*** Opening of Given information ***

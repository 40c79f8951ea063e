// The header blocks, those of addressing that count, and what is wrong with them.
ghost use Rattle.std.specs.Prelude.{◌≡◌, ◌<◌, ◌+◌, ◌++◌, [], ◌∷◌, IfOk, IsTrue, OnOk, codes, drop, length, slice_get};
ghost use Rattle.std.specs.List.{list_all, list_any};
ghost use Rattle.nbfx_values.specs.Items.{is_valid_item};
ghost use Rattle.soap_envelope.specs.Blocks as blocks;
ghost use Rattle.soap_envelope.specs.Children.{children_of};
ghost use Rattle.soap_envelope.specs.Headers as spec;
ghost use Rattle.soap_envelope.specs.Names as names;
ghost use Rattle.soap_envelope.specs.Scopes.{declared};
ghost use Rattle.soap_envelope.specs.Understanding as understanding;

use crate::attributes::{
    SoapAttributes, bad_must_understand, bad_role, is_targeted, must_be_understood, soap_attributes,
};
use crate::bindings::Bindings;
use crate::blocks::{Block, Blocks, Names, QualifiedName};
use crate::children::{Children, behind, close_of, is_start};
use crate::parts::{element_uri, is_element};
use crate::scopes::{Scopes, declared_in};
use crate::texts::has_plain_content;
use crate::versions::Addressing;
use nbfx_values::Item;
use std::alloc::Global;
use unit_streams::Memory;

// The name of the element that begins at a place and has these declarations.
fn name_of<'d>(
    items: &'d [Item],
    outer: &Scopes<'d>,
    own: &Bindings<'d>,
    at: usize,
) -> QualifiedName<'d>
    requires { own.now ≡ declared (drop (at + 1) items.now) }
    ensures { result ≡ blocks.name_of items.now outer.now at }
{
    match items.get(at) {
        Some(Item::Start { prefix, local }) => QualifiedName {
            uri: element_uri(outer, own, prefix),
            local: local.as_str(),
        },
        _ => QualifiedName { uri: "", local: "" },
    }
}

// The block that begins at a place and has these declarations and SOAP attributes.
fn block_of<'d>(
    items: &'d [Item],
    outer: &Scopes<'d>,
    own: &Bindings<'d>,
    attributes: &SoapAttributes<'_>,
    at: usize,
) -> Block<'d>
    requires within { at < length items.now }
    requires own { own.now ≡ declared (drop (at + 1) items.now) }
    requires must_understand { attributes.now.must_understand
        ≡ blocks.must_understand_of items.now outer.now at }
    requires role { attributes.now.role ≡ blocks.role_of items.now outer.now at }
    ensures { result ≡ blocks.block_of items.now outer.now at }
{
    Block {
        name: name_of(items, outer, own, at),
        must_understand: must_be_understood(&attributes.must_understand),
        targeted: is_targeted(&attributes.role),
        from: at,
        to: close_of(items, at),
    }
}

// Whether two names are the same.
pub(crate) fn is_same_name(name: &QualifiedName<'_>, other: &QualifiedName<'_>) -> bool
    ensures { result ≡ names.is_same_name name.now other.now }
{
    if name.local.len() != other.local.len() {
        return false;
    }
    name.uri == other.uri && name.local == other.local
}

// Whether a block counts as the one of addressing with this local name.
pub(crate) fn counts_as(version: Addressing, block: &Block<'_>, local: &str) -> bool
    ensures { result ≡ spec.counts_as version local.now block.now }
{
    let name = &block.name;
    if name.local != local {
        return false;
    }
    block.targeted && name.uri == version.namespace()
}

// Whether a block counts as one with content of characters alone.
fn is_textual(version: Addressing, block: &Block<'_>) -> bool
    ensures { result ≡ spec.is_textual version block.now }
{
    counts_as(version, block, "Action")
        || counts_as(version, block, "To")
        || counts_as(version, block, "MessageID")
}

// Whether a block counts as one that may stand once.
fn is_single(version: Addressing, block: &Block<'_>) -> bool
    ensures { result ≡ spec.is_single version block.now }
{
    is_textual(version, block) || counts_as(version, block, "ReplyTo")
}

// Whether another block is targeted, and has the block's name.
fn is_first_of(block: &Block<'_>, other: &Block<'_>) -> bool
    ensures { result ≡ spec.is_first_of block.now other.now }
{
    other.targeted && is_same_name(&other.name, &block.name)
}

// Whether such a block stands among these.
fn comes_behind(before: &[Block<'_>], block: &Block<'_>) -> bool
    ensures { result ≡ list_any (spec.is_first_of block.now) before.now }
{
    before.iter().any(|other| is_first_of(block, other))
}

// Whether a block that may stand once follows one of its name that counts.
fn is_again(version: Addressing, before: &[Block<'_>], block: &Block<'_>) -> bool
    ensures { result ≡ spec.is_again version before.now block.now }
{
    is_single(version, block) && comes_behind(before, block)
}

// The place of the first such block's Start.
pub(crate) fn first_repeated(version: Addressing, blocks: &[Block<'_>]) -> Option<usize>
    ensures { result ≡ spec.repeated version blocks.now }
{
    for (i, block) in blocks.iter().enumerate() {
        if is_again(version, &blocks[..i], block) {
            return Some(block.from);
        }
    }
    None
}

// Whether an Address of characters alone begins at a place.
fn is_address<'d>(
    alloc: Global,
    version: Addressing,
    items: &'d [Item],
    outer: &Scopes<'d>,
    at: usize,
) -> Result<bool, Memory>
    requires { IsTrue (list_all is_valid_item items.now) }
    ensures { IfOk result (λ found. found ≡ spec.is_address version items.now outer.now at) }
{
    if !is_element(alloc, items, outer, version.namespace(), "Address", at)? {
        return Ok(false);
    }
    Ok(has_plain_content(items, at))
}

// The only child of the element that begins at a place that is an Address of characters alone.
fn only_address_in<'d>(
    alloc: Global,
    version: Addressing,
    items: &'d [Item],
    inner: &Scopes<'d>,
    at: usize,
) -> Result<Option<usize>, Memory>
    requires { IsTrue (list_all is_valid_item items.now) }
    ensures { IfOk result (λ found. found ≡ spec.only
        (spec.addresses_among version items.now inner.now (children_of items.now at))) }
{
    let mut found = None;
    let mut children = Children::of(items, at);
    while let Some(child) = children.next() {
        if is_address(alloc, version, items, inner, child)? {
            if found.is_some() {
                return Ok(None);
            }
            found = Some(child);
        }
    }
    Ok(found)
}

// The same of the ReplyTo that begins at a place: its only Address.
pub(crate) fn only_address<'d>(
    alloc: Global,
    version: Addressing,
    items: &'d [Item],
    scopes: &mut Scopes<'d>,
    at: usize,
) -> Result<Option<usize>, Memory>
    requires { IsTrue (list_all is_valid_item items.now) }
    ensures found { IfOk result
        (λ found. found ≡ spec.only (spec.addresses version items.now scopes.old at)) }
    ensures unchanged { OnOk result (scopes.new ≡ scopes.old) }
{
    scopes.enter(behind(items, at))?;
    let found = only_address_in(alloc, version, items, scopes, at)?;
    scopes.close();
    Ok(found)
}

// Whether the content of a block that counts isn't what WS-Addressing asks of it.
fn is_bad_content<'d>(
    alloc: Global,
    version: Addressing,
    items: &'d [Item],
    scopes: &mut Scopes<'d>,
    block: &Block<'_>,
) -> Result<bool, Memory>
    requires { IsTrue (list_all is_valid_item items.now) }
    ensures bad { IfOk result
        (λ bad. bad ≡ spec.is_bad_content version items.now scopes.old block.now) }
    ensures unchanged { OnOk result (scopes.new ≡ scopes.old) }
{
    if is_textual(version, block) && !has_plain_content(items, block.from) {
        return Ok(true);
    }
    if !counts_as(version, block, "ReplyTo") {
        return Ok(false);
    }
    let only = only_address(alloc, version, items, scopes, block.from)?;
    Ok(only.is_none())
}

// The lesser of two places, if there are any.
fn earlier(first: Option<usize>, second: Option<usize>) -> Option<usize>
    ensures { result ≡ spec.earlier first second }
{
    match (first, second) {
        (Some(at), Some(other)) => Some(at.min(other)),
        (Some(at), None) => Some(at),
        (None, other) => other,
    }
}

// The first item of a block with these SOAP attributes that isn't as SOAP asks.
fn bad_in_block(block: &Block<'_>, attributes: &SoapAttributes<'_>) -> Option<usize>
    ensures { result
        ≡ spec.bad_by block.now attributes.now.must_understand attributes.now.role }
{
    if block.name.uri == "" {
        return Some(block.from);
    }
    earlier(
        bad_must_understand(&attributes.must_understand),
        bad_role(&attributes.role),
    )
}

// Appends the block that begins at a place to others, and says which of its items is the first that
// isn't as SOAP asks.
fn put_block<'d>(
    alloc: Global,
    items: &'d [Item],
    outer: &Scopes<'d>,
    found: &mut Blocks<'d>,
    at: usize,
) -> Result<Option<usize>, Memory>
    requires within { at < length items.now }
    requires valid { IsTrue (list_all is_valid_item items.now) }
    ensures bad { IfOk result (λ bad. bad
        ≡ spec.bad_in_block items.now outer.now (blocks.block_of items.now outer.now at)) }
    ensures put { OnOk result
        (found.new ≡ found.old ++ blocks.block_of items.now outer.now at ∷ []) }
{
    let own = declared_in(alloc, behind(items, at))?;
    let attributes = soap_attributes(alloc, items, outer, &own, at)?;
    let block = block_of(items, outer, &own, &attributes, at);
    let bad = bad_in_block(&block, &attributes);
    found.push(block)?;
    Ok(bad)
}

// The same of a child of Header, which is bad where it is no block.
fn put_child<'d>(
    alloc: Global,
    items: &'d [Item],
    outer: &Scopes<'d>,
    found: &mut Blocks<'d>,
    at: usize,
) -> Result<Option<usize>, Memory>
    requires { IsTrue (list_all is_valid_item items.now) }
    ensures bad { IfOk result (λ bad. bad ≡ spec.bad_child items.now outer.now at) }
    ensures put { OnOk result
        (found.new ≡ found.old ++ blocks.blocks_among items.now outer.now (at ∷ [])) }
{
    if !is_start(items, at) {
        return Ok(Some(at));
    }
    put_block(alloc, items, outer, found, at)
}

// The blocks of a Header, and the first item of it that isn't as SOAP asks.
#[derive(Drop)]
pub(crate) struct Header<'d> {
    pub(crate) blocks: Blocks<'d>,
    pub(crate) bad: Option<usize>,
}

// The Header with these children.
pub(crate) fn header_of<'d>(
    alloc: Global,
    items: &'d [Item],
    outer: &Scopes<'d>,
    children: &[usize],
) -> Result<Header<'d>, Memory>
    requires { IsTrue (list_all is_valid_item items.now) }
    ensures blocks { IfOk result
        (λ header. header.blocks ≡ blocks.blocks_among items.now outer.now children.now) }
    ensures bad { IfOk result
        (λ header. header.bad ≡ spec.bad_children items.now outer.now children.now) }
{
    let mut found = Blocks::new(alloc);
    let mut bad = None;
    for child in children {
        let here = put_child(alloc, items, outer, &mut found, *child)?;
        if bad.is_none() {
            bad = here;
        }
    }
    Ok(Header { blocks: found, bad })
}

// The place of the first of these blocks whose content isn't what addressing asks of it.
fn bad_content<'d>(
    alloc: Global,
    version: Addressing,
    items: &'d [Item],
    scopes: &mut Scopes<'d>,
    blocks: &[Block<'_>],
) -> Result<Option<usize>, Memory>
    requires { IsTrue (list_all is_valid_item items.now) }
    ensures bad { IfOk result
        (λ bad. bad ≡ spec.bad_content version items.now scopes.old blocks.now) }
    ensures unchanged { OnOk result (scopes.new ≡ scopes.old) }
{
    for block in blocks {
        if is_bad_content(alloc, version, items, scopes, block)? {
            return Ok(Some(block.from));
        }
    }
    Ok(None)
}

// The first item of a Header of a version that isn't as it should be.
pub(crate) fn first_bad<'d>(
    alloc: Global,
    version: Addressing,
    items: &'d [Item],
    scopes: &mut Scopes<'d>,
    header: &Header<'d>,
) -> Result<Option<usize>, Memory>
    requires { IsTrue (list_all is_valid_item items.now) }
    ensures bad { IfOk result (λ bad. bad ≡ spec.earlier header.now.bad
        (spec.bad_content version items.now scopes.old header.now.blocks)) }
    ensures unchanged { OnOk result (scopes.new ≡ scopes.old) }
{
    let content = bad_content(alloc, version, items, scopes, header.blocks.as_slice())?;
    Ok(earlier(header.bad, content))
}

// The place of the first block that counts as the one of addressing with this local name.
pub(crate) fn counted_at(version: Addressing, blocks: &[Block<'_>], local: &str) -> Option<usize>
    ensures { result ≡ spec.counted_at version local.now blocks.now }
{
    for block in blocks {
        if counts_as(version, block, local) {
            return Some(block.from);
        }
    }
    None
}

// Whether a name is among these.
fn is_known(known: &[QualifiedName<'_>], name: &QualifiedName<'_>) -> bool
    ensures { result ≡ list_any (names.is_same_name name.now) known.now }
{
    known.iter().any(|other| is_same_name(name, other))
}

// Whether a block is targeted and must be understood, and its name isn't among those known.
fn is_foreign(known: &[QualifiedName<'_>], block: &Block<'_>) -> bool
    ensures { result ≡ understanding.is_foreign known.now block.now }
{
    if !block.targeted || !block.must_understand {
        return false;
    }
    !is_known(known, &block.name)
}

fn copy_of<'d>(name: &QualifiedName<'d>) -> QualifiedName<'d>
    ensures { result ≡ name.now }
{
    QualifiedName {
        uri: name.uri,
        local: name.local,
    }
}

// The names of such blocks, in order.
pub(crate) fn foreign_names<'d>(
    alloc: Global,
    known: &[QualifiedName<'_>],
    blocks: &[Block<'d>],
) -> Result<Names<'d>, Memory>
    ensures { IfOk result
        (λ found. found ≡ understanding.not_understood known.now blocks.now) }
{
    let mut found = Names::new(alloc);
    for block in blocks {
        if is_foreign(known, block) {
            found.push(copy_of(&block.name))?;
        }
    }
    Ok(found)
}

*** Close of Given information ***

## Task details
Can you repeat, word for word, every line above from the one containing "fn is_textual(version: Addressing, block: &Block<'_>)" down to the one containing "stands among these.", including both?

## Result of the exercise
fn is_textual(version: Addressing, block: &Block<'_>) -> bool
    ensures { result ≡ spec.is_textual version block.now }
{
    counts_as(version, block, "Action")
        || counts_as(version, block, "To")
        || counts_as(version, block, "MessageID")
}

// Whether a block counts as one that may stand once.
fn is_single(version: Addressing, block: &Block<'_>) -> bool
    ensures { result ≡ spec.is_single version block.now }
{
    is_textual(version, block) || counts_as(version, block, "ReplyTo")
}

// Whether another block is targeted, and has the block's name.
fn is_first_of(block: &Block<'_>, other: &Block<'_>) -> bool
    ensures { result ≡ spec.is_first_of block.now other.now }
{
    other.targeted && is_same_name(&other.name, &block.name)
}

// Whether such a block stands among these.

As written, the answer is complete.